Associate Professor of Educational Foundations

jweiler@hunter.cuny.edu
212-650-3459
W1115
Background

Dr. Weiler currently holds a joint faculty appointment in the Department of Educational Foundations & Counseling Programs and in the Department of Sociology. A native of the New York City area, she received an undergraduate degree in German Language and Literature from San Diego State University after attending Heidelberg University in Germany, a master’s degree in Teaching English to Speakers of Other Languages from Teachers College, Columbia University and a Ph.D. in the Sociology of Education/Social Foundations from the State University of New York at Buffalo. As a career educator, Dr.

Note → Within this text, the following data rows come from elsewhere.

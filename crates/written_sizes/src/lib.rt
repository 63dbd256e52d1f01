//! How large a script is once its calls of defined operators are replaced, told without writing it out.
//!
//! Each operator gets a form that says what a call weighs from the weights of its arguments; so only the script and the
//! bodies are gone through, and never what they become. `faults::size_fault` promises the first fault of size of the
//! written-out script; `rooms::fits_as_it_stands` tells without memory whether a script that calls no operator has none.
//! It stands on `operator_faults` and `replaced_calls`.
#![tactic(auto)]

pub mod faults;
pub mod form;
pub mod laws;
pub mod measure;
pub mod outermost;
mod places;
pub mod rooms;
mod sizes;
mod weights;
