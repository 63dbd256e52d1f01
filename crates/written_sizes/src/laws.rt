// The laws of sizes.
ghost use Rattle.written_sizes.specs.Laws.{OutlinesAreReplaced, FaultsAreExact};

/// The outlines of the written-out script are those of the script with their calls replaced.
pub fn outlines_are_replaced()
    ensures { OutlinesAreReplaced }
{}

/// No fault of size is told exactly where the written-out script has at most 64 levels in each expression and at most
/// 1,000,000 expressions.
pub fn faults_are_exact()
    ensures { FaultsAreExact }
{}
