// What stands at the top of an outline counts.
ghost use Rattle.std.specs.Prelude.{◌≡◌};
ghost use Rattle.written_sizes.specs.Sizes as meant;

use operator_faults::What;

/// How many expressions it is itself.
pub(crate) fn own_expressions(what: &What) -> u64
    ensures { result ≡ meant.own_expressions what.now }
{
    match what {
        What::Name(_) => 1,
        What::Call(_) => 1,
        What::Plain => 1,
        What::Level => 1,
        What::Inside => 0,
        What::InsideJoin => 0,
    }
}

/// How many levels it is itself.
pub(crate) fn own_levels(what: &What) -> u64
    ensures { result ≡ meant.own_levels what.now }
{
    match what {
        What::Name(_) => 0,
        What::Call(_) => 1,
        What::Plain => 0,
        What::Level => 1,
        What::Inside => 0,
        What::InsideJoin => 1,
    }
}
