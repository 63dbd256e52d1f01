// The structures of data sets.
ghost use Rattle.std.specs.Prelude.{◌≡◌, IfOk, IfErr, OnOk, OnErr, MatchResult, slice_get, ◌∷◌, [], ◌++◌};
ghost use Rattle.std.specs.Option.{option_copied};

use crate::codes::CodeList;
use crate::kind::{Kind, Role};
use crate::word::Word;
use sqlite_items::Items;
use std::alloc::{AllocError, Global};
use std::marker::Model;
use std::sync::Arc;

/// The code list of a component: any text, or the texts listed.
#[derive(Debug, Drop)]
pub enum Codes {
    Any,
    Listed(CodeList),
}

impl Codes {
    /// The same code list, whose codes are shared, or want of memory.
    pub fn copy(&self) -> Result<Codes, AllocError>
        ensures { IfOk result (λ codes. codes ≡ self.now) }
    {
        Ok(match self {
            Codes::Any => Codes::Any,
            Codes::Listed(codes) => Codes::Listed(codes.copy()?),
        })
    }
}

/// A column of a data set.
#[derive(Debug)]
pub struct Component {
    pub name: Word,
    pub role: Role,
    pub kind: Kind,
    pub codes: Codes,
}

// Written out, so that who drops one calls this and doesn't go through what is in it.
impl Drop for Component {
    fn drop(self) {
        let Component {
            name: _,
            role: _,
            kind: _,
            codes: _,
        } = self;
    }
}

impl Component {
    /// An equal component, which shares the codes, or want of memory.
    pub fn copy(&self) -> Result<Component, AllocError>
        ensures { IfOk result (λ component. component ≡ self.now) }
    {
        Ok(Component {
            name: self.name.copy()?,
            role: self.role,
            kind: self.kind,
            codes: self.codes.copy()?,
        })
    }

    /// The component under another name.
    pub fn renamed(self, name: Word) -> Component
        ensures { result ≡ record self { name = name } }
    {
        let Component {
            name: _,
            role,
            kind,
            codes,
        } = self;
        Component {
            name,
            role,
            kind,
            codes,
        }
    }
}

/// The components of a data set in their order: identifiers, measures, attributes, viral attributes. Contracts see it
/// as the list of them. Copies share the components.
#[derive(Debug)]
pub struct Structure {
    components: Arc<Items<Component>>,
}

// Written out, so that who drops one calls this and doesn't go through what is in it.
impl Drop for Structure {
    fn drop(self) {
        let Structure { components: _ } = self;
    }
}

impl Model for Structure {
    ghost use Rattle.std.specs.Prelude.{List};
    ghost use Rattle.std.specs.Arc.{arc_value};
    ghost use Rattle.vtl_values.specs.declared.structure.Component.{Component};

    ghost Value = { List Component };

    ghost use Rattle.vtl_values.specs.Structures.{IsStructure};

    ghost view = { λ s. arc_value s.components };

    ghost invariant = { λ s. IsStructure (arc_value s.components) };
}

impl Structure {
    ghost use Rattle.vtl_values.specs.Structures.{IsStructure};

    /// A structure of components that stand by role and fit together, or want of memory.
    pub fn of(alloc: Global, components: Vec<Component>) -> Result<Structure, AllocError>
        requires { IsStructure components.items }
        ensures { IfOk result (λ structure. structure ≡ components.items) }
    {
        Ok(Structure {
            components: Arc::new(alloc, Items::from_vec(components))?,
        })
    }

    /// The components, in structure order.
    pub fn components(&self) -> &[Component]
        ensures value { result.now ≡ self.now }
        ensures structure { IsStructure self.now }
    {
        self.components.as_slice()
    }

    /// An equal structure, which shares the components, or want of memory.
    pub fn copy(&self) -> Result<Structure, AllocError>
        ensures { IfOk result (λ structure. structure ≡ self.now) }
    {
        Ok(Structure {
            components: self.components.clone()?,
        })
    }
}
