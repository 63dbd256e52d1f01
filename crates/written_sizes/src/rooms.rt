// Whether a script that calls no operator is within the limits as it stands.
ghost use Rattle.std.specs.Prelude.{◌≡◌, ◌↔◌, [], ◌∷◌, map, IsTrue};
ghost use Rattle.std.specs.List.{flat_map};
ghost use Rattle.operator_faults.specs.Outlines as outlines;
ghost use Rattle.operator_faults.specs.Sketches as sketches;
ghost use Rattle.written_sizes.specs.Rooms as meant;

use crate::faults::{MOST_EXPRESSIONS, MOST_LEVELS};
use sqlite_items::Boxed;
use vtl_syntax::{
    Clause, DatapointRule, Expr, Groups, HierarchyRule, Item, JoinOperand, Ruleset, Script,
    Statement, SubstrRange,
};

/// Whether no operator is called in the script's statements and rulesets, and they are within the limits of size. It goes
/// over them once, and takes no memory.
pub fn fits_as_it_stands(script: &Script) -> bool
    ensures { IsTrue result ↔ meant.FitsAsItStands script.now }
{
    let room = after_statements(script.statements.as_slice(), Some(MOST_EXPRESSIONS));
    after_rulesets(script.rulesets.as_slice(), room).is_some()
}

// Each function below tells how many expressions may come after what it is given, where `room` may come with it: none where
// an operator is called there, where it has too many levels or expressions, or where `room` is none already.

fn after_statements(statements: &[Statement], room: Option<u64>) -> Option<u64>
    ensures { result ≡ meant.room_after_all MOST_LEVELS room (map sketches.of_statement statements.now) }
{
    let mut left = room;
    for statement in statements {
        left = after_expr(&statement.expr, MOST_LEVELS, left);
    }
    left
}

fn after_rulesets(rulesets: &[Ruleset], room: Option<u64>) -> Option<u64>
    ensures { result ≡ meant.room_after_all MOST_LEVELS room (flat_map sketches.of_ruleset rulesets.now) }
{
    let mut left = room;
    for ruleset in rulesets {
        left = after_ruleset(ruleset, left);
    }
    left
}

fn after_ruleset(rules: &Ruleset, room: Option<u64>) -> Option<u64>
    ensures { result ≡ meant.room_after_all MOST_LEVELS room (sketches.of_ruleset rules.now) }
{
    match rules {
        Ruleset::Datapoint(rules) => after_datapoint(rules.rules.as_slice(), room),
        Ruleset::Hierarchy(rules) => after_hierarchy(rules.rules.as_slice(), room),
    }
}

fn after_datapoint(rules: &[DatapointRule], room: Option<u64>) -> Option<u64>
    ensures { result ≡ meant.room_after_all MOST_LEVELS room (flat_map sketches.of_datapoint rules.now) }
{
    let mut left = room;
    for rule in rules {
        left = after_condition(&rule.condition, left);
        left = after_expr(&rule.expr, MOST_LEVELS, left);
    }
    left
}

fn after_hierarchy(rules: &[HierarchyRule], room: Option<u64>) -> Option<u64>
    ensures { result ≡ meant.room_after_all MOST_LEVELS room (flat_map sketches.of_hierarchy rules.now) }
{
    let mut left = room;
    for rule in rules {
        left = after_condition(&rule.condition, left);
    }
    left
}

fn after_condition(condition: &Option<Expr>, room: Option<u64>) -> Option<u64>
    ensures { result ≡ meant.room_after_all MOST_LEVELS room (sketches.of_condition condition.now) }
{
    match condition {
        Some(condition) => after_expr(condition, MOST_LEVELS, room),
        None => room,
    }
}

/// How many levels the expression is itself, unless it is a call.
fn levels_of(tree: &Expr) -> Option<u64>
    ensures { result ≡ meant.levels_of (outlines.what_of tree.now (outlines.parts_of tree.now)) }
{
    match tree {
        Expr::CallOf { .. } => None,
        Expr::Name { .. } => Some(0),
        Expr::Literal { .. } => Some(0),
        Expr::Typed { .. } => Some(0),
        _ => Some(1),
    }
}

/// An expression that may have so many levels.
#[cycle(room)]
fn after_expr(tree: &Expr, most: u64, room: Option<u64>) -> Option<u64>
    ensures { result ≡ meant.room_after most room (outlines.outlined tree.now) }
{
    let room = room?;
    let own = levels_of(tree)?;
    if own <= most && 0 < room {
        after_parts(tree, most - own, Some(room - 1))
    } else {
        None
    }
}

/// Its parts, each of which may have so many levels.
#[cycle(room)]
fn after_parts(tree: &Expr, most: u64, room: Option<u64>) -> Option<u64>
    ensures { result ≡ meant.room_after_all most room (outlines.parts_of tree.now) }
{
    match tree {
        Expr::If {
            condition,
            holds,
            fails,
            ..
        } => after_three(condition.get(), holds.get(), fails.get(), most, room),
        Expr::Or { left, right, .. } => after_two(left.get(), right.get(), most, room),
        Expr::And { left, right, .. } => after_two(left.get(), right.get(), most, room),
        Expr::Compare { left, right, .. } => after_two(left.get(), right.get(), most, room),
        Expr::In { left, .. } => after_expr(left.get(), most, room),
        Expr::Sum { left, right, .. } => after_two(left.get(), right.get(), most, room),
        Expr::Product { left, right, .. } => after_two(left.get(), right.get(), most, room),
        Expr::Signed { operand, .. } => after_expr(operand.get(), most, room),
        Expr::Member { operand, .. } => after_expr(operand.get(), most, room),
        Expr::Clause {
            operand,
            clause,
            ..
        } => after_operand_clause(operand.get(), clause.get(), most, room),
        Expr::Literal { .. } => room,
        Expr::Name { .. } => room,
        Expr::Bracket { inner, .. } => after_expr(inner.get(), most, room),
        Expr::Unary { operand, .. } => after_expr(operand.get(), most, room),
        Expr::Round { operand, .. } => after_expr(operand.get(), most, room),
        Expr::Binary { left, right, .. } => after_two(left.get(), right.get(), most, room),
        Expr::Between { operand, .. } => after_expr(operand.get(), most, room),
        Expr::MatchCharacters { operand, .. } => after_expr(operand.get(), most, room),
        Expr::Substr { operand, range, .. } => after_substr(operand.get(), range, most, room),
        Expr::Replace {
            operand,
            pattern,
            by,
            ..
        } => after_replace(operand.get(), pattern.get(), by, most, room),
        Expr::ExistsIn { left, right, .. } => after_two(left.get(), right.get(), most, room),
        Expr::Sets {
            first,
            second,
            others,
            ..
        } => after_sets(first.get(), second.get(), others.as_slice(), most, room),
        Expr::Difference { left, right, .. } => after_two(left.get(), right.get(), most, room),
        Expr::Join { .. } => after_join(tree, most, room),
        Expr::Aggregate {
            operand,
            groups,
            ..
        } => after_aggregate(operand.get(), groups, most, room),
        Expr::Window { operand, .. } => after_expr(operand.get(), most, room),
        Expr::CountAll { .. } => room,
        Expr::Offset { operand, .. } => after_expr(operand.get(), most, room),
        Expr::Rank { .. } => room,
        Expr::CheckDatapoint { operand, .. } => after_expr(operand.get(), most, room),
        Expr::Hierarchy { operand, .. } => after_expr(operand.get(), most, room),
        Expr::CheckHierarchy { operand, .. } => after_expr(operand.get(), most, room),
        Expr::Check {
            operand,
            imbalance,
            ..
        } => after_with_optional(operand.get(), imbalance, most, room),
        Expr::Time { operand, .. } => after_expr(operand.get(), most, room),
        Expr::Timeshift { operand, .. } => after_expr(operand.get(), most, room),
        Expr::FillTimeSeries { operand, .. } => after_expr(operand.get(), most, room),
        Expr::CallOf { arguments, .. } => after_each(arguments.as_slice(), most, room),
        Expr::Typed { expr, .. } => after_expr(expr.get(), most, room),
    }
}

#[cycle(room)]
fn after_two(first: &Expr, second: &Expr, most: u64, room: Option<u64>) -> Option<u64>
    ensures { result ≡ meant.room_after_all most room (outlines.outlined first.now ∷ outlines.outlined second.now ∷ []) }
{
    let room = after_expr(first, most, room);
    after_expr(second, most, room)
}

#[cycle(room)]
fn after_three(
    first: &Expr,
    second: &Expr,
    third: &Expr,
    most: u64,
    room: Option<u64>,
) -> Option<u64>
    ensures { result ≡ meant.room_after_all most room (outlines.outlined first.now ∷ outlines.outlined second.now ∷ outlines.outlined third.now ∷ []) }
{
    let room = after_two(first, second, most, room);
    after_expr(third, most, room)
}

#[cycle(room)]
fn after_each(trees: &[Expr], most: u64, room: Option<u64>) -> Option<u64>
    ensures { result ≡ meant.room_after_all most room (map outlines.outlined trees.now) }
{
    let mut left = room;
    for tree in trees {
        left = after_expr(tree, most, left);
    }
    left
}

#[cycle(room)]
fn after_optional(tree: &Option<Boxed<Expr>>, most: u64, room: Option<u64>) -> Option<u64>
    ensures { result ≡ meant.room_after_all most room (outlines.one_if outlines.outlined tree.now) }
{
    match tree {
        Some(tree) => after_expr(tree.get(), most, room),
        None => room,
    }
}

#[cycle(room)]
fn after_with_optional(
    tree: &Expr,
    other: &Option<Boxed<Expr>>,
    most: u64,
    room: Option<u64>,
) -> Option<u64>
    ensures { result ≡ meant.room_after_all most room (outlines.outlined tree.now ∷ outlines.one_if outlines.outlined other.now) }
{
    let room = after_expr(tree, most, room);
    after_optional(other, most, room)
}

#[cycle(room)]
fn after_replace(
    operand: &Expr,
    pattern: &Expr,
    by: &Option<Boxed<Expr>>,
    most: u64,
    room: Option<u64>,
) -> Option<u64>
    ensures { result ≡ meant.room_after_all most room (outlines.outlined operand.now ∷ outlines.outlined pattern.now ∷ outlines.one_if outlines.outlined by.now) }
{
    let room = after_two(operand, pattern, most, room);
    after_optional(by, most, room)
}

#[cycle(room)]
fn after_sets(
    first: &Expr,
    second: &Expr,
    others: &[Expr],
    most: u64,
    room: Option<u64>,
) -> Option<u64>
    ensures { result ≡ meant.room_after_all most room (outlines.outlined first.now ∷ outlines.outlined second.now ∷ map outlines.outlined others.now) }
{
    let room = after_two(first, second, most, room);
    after_each(others, most, room)
}

#[cycle(room)]
fn after_substr(
    operand: &Expr,
    range: &Option<SubstrRange>,
    most: u64,
    room: Option<u64>,
) -> Option<u64>
    ensures { result ≡ meant.room_after_all most room (outlines.outlined operand.now ∷ outlines.parts_if outlines.range_outlined range.now) }
{
    let room = after_expr(operand, most, room);
    match range {
        Some(range) => after_with_optional(range.start.get(), &range.length, most, room),
        None => room,
    }
}

#[cycle(room)]
fn after_aggregate(
    operand: &Expr,
    groups: &Option<Boxed<Groups>>,
    most: u64,
    room: Option<u64>,
) -> Option<u64>
    ensures { result ≡ meant.room_after_all most room (outlines.outlined operand.now ∷ outlines.parts_if outlines.groups_outlined groups.now) }
{
    let room = after_expr(operand, most, room);
    after_groups(groups, most, room)
}

#[cycle(room)]
fn after_groups(groups: &Option<Boxed<Groups>>, most: u64, room: Option<u64>) -> Option<u64>
    ensures { result ≡ meant.room_after_all most room (outlines.parts_if outlines.groups_outlined groups.now) }
{
    match groups {
        Some(groups) => after_having(&groups.get().having, most, room),
        None => room,
    }
}

/// What stands after `having`, if anything does.
#[cycle(room)]
fn after_having(having: &Option<Boxed<Expr>>, most: u64, room: Option<u64>) -> Option<u64>
    ensures { result ≡ meant.room_after_all most room (outlines.having_if (outlines.one_if outlines.outlined having.now)) }
{
    after_optional(having, most, room)
}

#[cycle(room)]
fn after_operand_clause(
    operand: &Expr,
    clause: &Clause,
    most: u64,
    room: Option<u64>,
) -> Option<u64>
    ensures { result ≡ meant.room_after_all most room (outlines.outlined operand.now ∷ outlines.inside (outlines.clause_outlined clause.now) ∷ []) }
{
    let room = after_expr(operand, most, room);
    after_clause(clause, most, room)
}

/// What stands in a clause.
#[cycle(room)]
fn after_clause(clause: &Clause, most: u64, room: Option<u64>) -> Option<u64>
    ensures { result ≡ meant.room_after_all most room (outlines.clause_outlined clause.now) }
{
    match clause {
        Clause::Filter { condition, .. } => after_expr(condition.get(), most, room),
        Clause::Calc { items, .. } => after_items(items.as_slice(), most, room),
        Clause::Aggr { items, groups, .. } => {
            let room = after_items(items.as_slice(), most, room);
            after_groups(groups, most, room)
        }
        Clause::Keep { .. } => room,
        Clause::Drop { .. } => room,
        Clause::Rename { .. } => room,
        Clause::Sub { .. } => room,
        Clause::Unpivot { .. } => room,
    }
}

#[cycle(room)]
fn after_items(items: &[Item], most: u64, room: Option<u64>) -> Option<u64>
    ensures { result ≡ meant.room_after_all most room (map outlines.item_outlined items.now) }
{
    let mut left = room;
    for item in items {
        left = after_item(item, most, left);
    }
    left
}

#[cycle(room)]
fn after_item(item: &Item, most: u64, room: Option<u64>) -> Option<u64>
    ensures { result ≡ meant.room_after most room (outlines.item_outlined item.now) }
{
    after_expr(item.expr.get(), most, room)
}

/// The operands of a join, and its clauses.
#[cycle(room)]
fn after_join(tree: &Expr, most: u64, room: Option<u64>) -> Option<u64>
    requires { outlines.IsJoin tree.now }
    ensures { result ≡ meant.room_after_all most room (outlines.parts_of tree.now) }
{
    match tree {
        Expr::Join {
            first,
            second,
            others,
            filter,
            calc,
            keep,
            rename,
            ..
        } => {
            let room = after_operand(first.get(), most, room);
            let room = after_operand(second.get(), most, room);
            let room = after_operands(others.as_slice(), most, room);
            let room = after_joined(filter, most, room);
            let room = after_joined(calc, most, room);
            let room = after_joined(keep, most, room);
            after_joined(rename, most, room)
        }
        _ => unreachable!(),
    }
}

#[cycle(room)]
fn after_operands(operands: &[JoinOperand], most: u64, room: Option<u64>) -> Option<u64>
    ensures { result ≡ meant.room_after_all most room (map outlines.operand_outlined operands.now) }
{
    let mut left = room;
    for operand in operands {
        left = after_operand(operand, most, left);
    }
    left
}

#[cycle(room)]
fn after_operand(operand: &JoinOperand, most: u64, room: Option<u64>) -> Option<u64>
    ensures { result ≡ meant.room_after most room (outlines.operand_outlined operand.now) }
{
    after_expr(operand.expr.get(), most, room)
}

/// A clause of a join, which is a level, if there is one.
#[cycle(room)]
fn after_joined(clause: &Option<Boxed<Clause>>, most: u64, room: Option<u64>) -> Option<u64>
    ensures { result ≡ meant.room_after_all most room (outlines.joined_if outlines.clause_outlined clause.now) }
{
    match clause {
        Some(clause) => {
            if most == 0 {
                None
            } else {
                after_clause(clause.get(), most - 1, room)
            }
        }
        None => room,
    }
}
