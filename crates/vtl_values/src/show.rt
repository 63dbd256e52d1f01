// Values as texts.
ghost use Rattle.std.specs.Prelude.{◌≡◌, ◌++◌, ◌<◌, ◌^◌, ◌∷◌, [], IfOk, OnOk, chars, string_bytes};
ghost use Rattle.vtl_values.specs.Numerals.{number_text, pointed, fraction_digits};
ghost use Rattle.vtl_values.specs.Texts.{needs_backslash, text_of};

use crate::number::Decimal;
use crate::value::Value;
use crate::word::Word;
use std::alloc::{AllocError, Global};
use std::fmt::Write;

/// The text that writes a value, or want of memory.
pub fn show_value(alloc: Global, value: &Value) -> Result<Word, AllocError>
    ensures { IfOk result (λ word. word ≡ text_of value.now) }
{
    let mut text = String::new(alloc);
    show_value_in(&mut text, value)?;
    Word::from_string(text)
}

/// Puts the text that writes a value in place of what stands in `text`, whose room is used again. At want of memory some
/// of it may stand there.
pub fn show_value_in(text: &mut String, value: &Value) -> Result<(), AllocError>
    ensures { OnOk result (chars (string_bytes text.new) ≡ text_of value.now) }
{
    text.clear();
    match value {
        Value::Null => {}
        Value::Truth(truth) => text.push_str(truth_word(*truth))?,
        Value::Integer(integer) => write!(text, "{}", integer.value)?,
        Value::Number(number) => show_number_in(text, *number)?,
        Value::Text(word) => show_text_in(text, word)?,
    }
    Ok(())
}

fn truth_word(truth: bool) -> &'static str
    ensures { chars result.now ≡ text_of (Value.Truth truth) }
{
    if truth { "true" } else { "false" }
}

fn show_text_in(text: &mut String, word: &Word) -> Result<(), AllocError>
    ensures { OnOk result (chars (string_bytes text.new) ≡ text_of (Value.Text word.now)) }
{
    let content = word.as_str();
    text.clear();
    if needs_backslash(content) {
        text.push('\\')?;
    }
    text.push_str(content)?;
    Ok(())
}

fn needs_backslash(content: &str) -> bool
    ensures { result ≡ needs_backslash (chars content.now) }
{
    content.is_empty() || content.starts_with('\\')
}

fn show_number_in(text: &mut String, number: Decimal) -> Result<(), AllocError>
    ensures { OnOk result (chars (string_bytes text.new) ≡ number_text number) }
{
    let magnitude = number.millionths.unsigned_abs();
    text.clear();
    if number.millionths < 0 {
        text.push('-')?;
    }
    write!(text, "{}", magnitude / 1_000_000)?;
    push_decimals(text, (magnitude % 1_000_000) as u32)?;
    Ok(())
}

/// Writes a point and decimals, if there are any.
fn push_decimals(text: &mut String, millionths: u32) -> Result<(), AllocError>
    requires { millionths < 10 ^ 6 }
    ensures { OnOk result (string_bytes text.new ≡ string_bytes text.old ++ pointed (fraction_digits 6 millionths)) }
{
    if millionths == 0 {
        return Ok(());
    }
    text.push('.')?;
    push_fraction(text, millionths)
}

/// Writes millionths as decimals, as far as the last that isn't 0.
fn push_fraction(text: &mut String, millionths: u32) -> Result<(), AllocError>
    requires { millionths < 10 ^ 6 }
    ensures { OnOk result (string_bytes text.new ≡ string_bytes text.old ++ fraction_digits 6 millionths) }
{
    let mut places = 6;
    let mut rest = millionths;
    while rest != 0 {
        places -= 1;
        let unit = 10u32.pow(places);
        text.push(char::from(b'0' + (rest / unit) as u8))?;
        rest %= unit;
    }
    Ok(())
}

Weiler has taught in a variety of settings, both university and community-based in New York City, southern California and abroad in Germany and Kuwait. In addition to teaching, Dr. Weiler served as an evaluation consultant at the New York City Department of Education and as a research associate at the Institute for Urban and Minority Education at Teachers College.

Teaching

Professor Weiler teaches the Social Foundations of Education in both the undergraduate and graduate adolescent education program and the graduate capstone course in the childhood education program. In addition, she teaches the undergraduate Sociology of Education course in the sociology department, as well as the evaluation course in the Graduate Social Research program.

Research

Dr. Weiler is the author of Codes and Contradictions: Race, Gender Identity and Schooling and her publications have appeared in journals such as Race, Gender and Class, and Educational Foundations. She has also contributed chapters in Advances in Gender Research and Introduction to Ethnic Studies.

Dr. Weiler’s research interests center on education and inequality and, social class, race and gender in education. In particular, Dr. Weiler’s research focuses on the college experiences of students who are first in their families to attend higher education, high-achieving young women of color in mathematics and science, and peer tutoring in mathematics and science programs.